Overall, OUE REIT and CapitaLand India Trust screen with the highest yields, but they also come with more variables that can affect distributable income, such as office cycles and currency translation.
CICT and Parkway Life REIT offer lower yields, but their income profiles are supported by steadier occupancy and more visible lease structures.
Looking ahead into 2026, we expect Singapore REITs may benefit as interest rates ease and borrowing costs gradually reset lower.
However, the divergence in REIT performance is likely to persist.
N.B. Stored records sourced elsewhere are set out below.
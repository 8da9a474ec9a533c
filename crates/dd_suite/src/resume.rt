ghost use Rattle.std.specs.Prelude.{◌≡◌, ◌≤◌, IfOk, IfErr, IsSome, true};
ghost use Rattle.dd_model.specs.Request.{IsValid};
ghost use Rattle.dd_model.specs.Position.{IsPosition};
ghost use Rattle.dd_check.specs.declared.checkpoint.ResumeKind.TheVariants.{Catalogues, Shards};
ghost use Rattle.dd_check.specs.Calls.{kind_of, Resume};
ghost use Rattle.dd_check.specs.ShardChecks.{IsAcceptedText};
ghost use Rattle.dd_check.specs.ChainStarts.{next_start};
ghost use Rattle.dd_pages_and_checkpoints.specs.Runs.{start_of};
ghost use Rattle.dd_suite_tasks.specs.Beginnings.{HoldsCheck};
ghost use Rattle.dd_suite_tasks.specs.Outcomes.{IsRunOutcome, IsReadStop, IsHeldStop};
ghost use Rattle.dd_suite_tasks.specs.Outside.{before_of, after_of, KeepsTexts, KeepsSure};
ghost use Rattle.dd_pages_and_checkpoints.specs.MostLines.{most_lines};

use crate::kept::keep_run;
use dd_catalogue_rounds::Workshop;
use dd_check::{CheckFault, Checkpoint, ResumeKind, ShardFault, read_checkpoint, read_shard};
use dd_front_jobs::{Pace, Portion, Shard};
use dd_pages_and_checkpoints::Run;
use dd_ports::{Gate, Sink, Store, StoreFault};
use dd_suite_tasks::{Ending, fetch_all, fetch_front};
use std::alloc::Global;
use std::sync::Wait;
use std::thread::Threads;

/// The most bytes of a checkpoint text of a catalogue.
const MOST_BYTES: usize = 4096;

/// How many bytes of a text of a shard are read: more than such a text can have.
const MOST_SHARD_BYTES: usize = 8192;

/// What a text says from which a run resumes.
#[derive(Drop)]
struct Saved {
    shard: Option<Shard>,
    check: Checkpoint,
}

/// The checkpoint whose text of a kind a name holds, and its shard.
fn fetch_check<S: Store>(
    alloc: Global,
    kind: ResumeKind,
    name: &str,
    store: &mut S,
) -> Result<Saved, Ending>
    ensures check { IfOk result (λ saved. (kind_of saved.shard ≡ kind)
        × HoldsCheck saved.shard (S.tells store.old) (S.held store.old name.now) saved.check) }
    ensures why { IfErr result (λ ending.
        IsHeldStop kind ending (S.tells store.old) (S.held store.old name.now)
        (S.faults store.old) (S.faults store.new)) }
    ensures same { KeepsTexts S.Store store.old store.new }
    ensures count { S.faults store.old ≤ S.faults store.new }
    ensures sure { S.sure store.old ≡ true → S.sure store.new ≡ true }
    ensures passes { S.sure store.old ≡ true → IsSome (S.held store.old name.now)
        → (S.faults store.new ≡ S.faults store.old)
        × IfErr result (λ ending. ending ≡ Ending.StoreFault → ⊥) }
{
    match kind {
        ResumeKind::Catalogues => fetch_catalogue(alloc, name, store),
        ResumeKind::Shards => fetch_shard(alloc, name, store),
    }
}

/// The checkpoint of a catalogue whose text a name holds.
fn fetch_catalogue<S: Store>(alloc: Global, name: &str, store: &mut S) -> Result<Saved, Ending>
    ensures check { IfOk result (λ saved. (kind_of saved.shard ≡ Catalogues)
        × HoldsCheck saved.shard (S.tells store.old) (S.held store.old name.now) saved.check) }
    ensures why { IfErr result (λ ending.
        IsHeldStop Catalogues ending (S.tells store.old) (S.held store.old name.now)
        (S.faults store.old) (S.faults store.new)) }
    ensures same { KeepsTexts S.Store store.old store.new }
    ensures count { S.faults store.old ≤ S.faults store.new }
    ensures sure { S.sure store.old ≡ true → S.sure store.new ≡ true }
    ensures passes { S.sure store.old ≡ true → IsSome (S.held store.old name.now)
        → (S.faults store.new ≡ S.faults store.old)
        × IfErr result (λ ending. ending ≡ Ending.StoreFault → ⊥) }
{
    let bytes = match fetch_all(alloc, name, MOST_BYTES, store) {
        Ok(Some(bytes)) => bytes,
        Ok(None) => return Err(Ending::RefusedCheck(ShardFault::Check(CheckFault::Long))),
        Err(StoreFault::Failed) => return Err(Ending::StoreFault),
        Err(StoreFault::Memory) => return Err(Ending::Memory),
    };
    catalogue_of(alloc, &bytes)
}

/// The checkpoint of a text of a catalogue.
fn catalogue_of(alloc: Global, bytes: &[u8]) -> Result<Saved, Ending>
    ensures check { IfOk result (λ saved. (kind_of saved.shard ≡ Catalogues)
        × IsAcceptedText saved.shard bytes.now saved.check) }
    ensures why { IfErr result (IsReadStop Catalogues bytes.now) }
{
    match read_checkpoint(alloc, bytes) {
        Ok(check) => Ok(Saved { shard: None, check }),
        Err(CheckFault::Memory) => Err(Ending::Memory),
        Err(fault) => Err(Ending::RefusedCheck(ShardFault::Check(fault))),
    }
}

/// The checkpoint of a shard whose text a name holds, and the shard.
fn fetch_shard<S: Store>(alloc: Global, name: &str, store: &mut S) -> Result<Saved, Ending>
    ensures check { IfOk result (λ saved. (kind_of saved.shard ≡ Shards)
        × HoldsCheck saved.shard (S.tells store.old) (S.held store.old name.now) saved.check) }
    ensures why { IfErr result (λ ending.
        IsHeldStop Shards ending (S.tells store.old) (S.held store.old name.now)
        (S.faults store.old) (S.faults store.new)) }
    ensures same { KeepsTexts S.Store store.old store.new }
    ensures count { S.faults store.old ≤ S.faults store.new }
    ensures sure { S.sure store.old ≡ true → S.sure store.new ≡ true }
    ensures passes { S.sure store.old ≡ true → IsSome (S.held store.old name.now)
        → (S.faults store.new ≡ S.faults store.old)
        × IfErr result (λ ending. ending ≡ Ending.StoreFault → ⊥) }
{
    let bytes = match fetch_front(alloc, name, MOST_SHARD_BYTES, store) {
        Ok(bytes) => bytes,
        Err(StoreFault::Failed) => return Err(Ending::StoreFault),
        Err(StoreFault::Memory) => return Err(Ending::Memory),
    };
    shard_of(alloc, &bytes)
}

/// The checkpoint of a text of a shard, and the shard.
fn shard_of(alloc: Global, bytes: &[u8]) -> Result<Saved, Ending>
    ensures check { IfOk result (λ saved. (kind_of saved.shard ≡ Shards)
        × IsAcceptedText saved.shard bytes.now saved.check) }
    ensures why { IfErr result (IsReadStop Shards bytes.now) }
{
    match read_shard(alloc, bytes) {
        Ok((shard, check)) => Ok(Saved {
            shard: Some(shard),
            check,
        }),
        Err(ShardFault::Memory) => Err(Ending::Memory),
        Err(fault) => Err(Ending::RefusedCheck(fault)),
    }
}

/// Resumes from the checkpoint of a name, of a catalogue or of a shard, by a run with the next
/// number.
pub(crate) fn resume<R: Threads + Wait + Sync, S: Store, G: Gate + Sync, O: Sink>(
    workshop: &Workshop<'_, R, G>,
    kind: ResumeKind,
    name: &str,
    pace: Pace,
    pause: Option<u32>,
    store: &mut S,
    out: &mut O,
) -> Ending
    ensures outcome { IsRunOutcome
        (record { task = Resume kind name.now; round = pace.round; pause = pause })
        result
        (before_of S.Store O.Sink store.old out.old) (after_of S.Store O.Sink store.new out.new) }
    ensures tells { S.tells store.old ≡ true → S.tells store.new ≡ true }
    ensures store_count { S.faults store.old ≤ S.faults store.new }
    ensures sink_count { O.faults out.old ≤ O.faults out.new }
    ensures store_sure { S.sure store.old ≡ true → IsSome (S.held store.old name.now)
        → (S.faults store.new ≡ S.faults store.old) × (result ≡ Ending.StoreFault → ⊥) }
    ensures sink_sure { KeepsSure O.Sink out.old out.new result }
{
    let saved = match fetch_check(workshop.alloc, kind, name, store) {
        Ok(saved) => saved,
        Err(ending) => return ending,
    };
    let run = next_run(saved.check, saved.shard, pace, pause);
    keep_run(workshop, &run, name, store, out)
}

/// The run after that of a checkpoint, of a catalogue or of the shard if there is one.
fn next_run(check: Checkpoint, shard: Option<Shard>, pace: Pace, pause: Option<u32>) -> Run
    requires run { (1 ≤ check.run) × (check.run ≤ 999999999) }
    requires lines { check.lines ≤ most_lines }
    requires valid { IsValid check.request }
    requires position { IsPosition check.at }
    ensures start { start_of result ≡ next_start shard check }
    ensures pace { result.pace ≡ pace }
    ensures pause { result.pause ≡ pause }
{
    Run {
        number: check.run + 1,
        portion: Portion {
            request: check.request,
            shard,
        },
        at: check.at,
        lines: check.lines as u64,
        pace,
        pause,
    }
}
Returns should still depend on sub-sector exposure, geographical mix, refinancing schedules, and how much debt is locked in at fixed rates
Within the sector, we prefer REITs that can defend and grow distributions through active portfolio management, such as asset enhancements, disciplined capital recycling, selective acquisitions, and capturing rental reversion where fundamentals allow.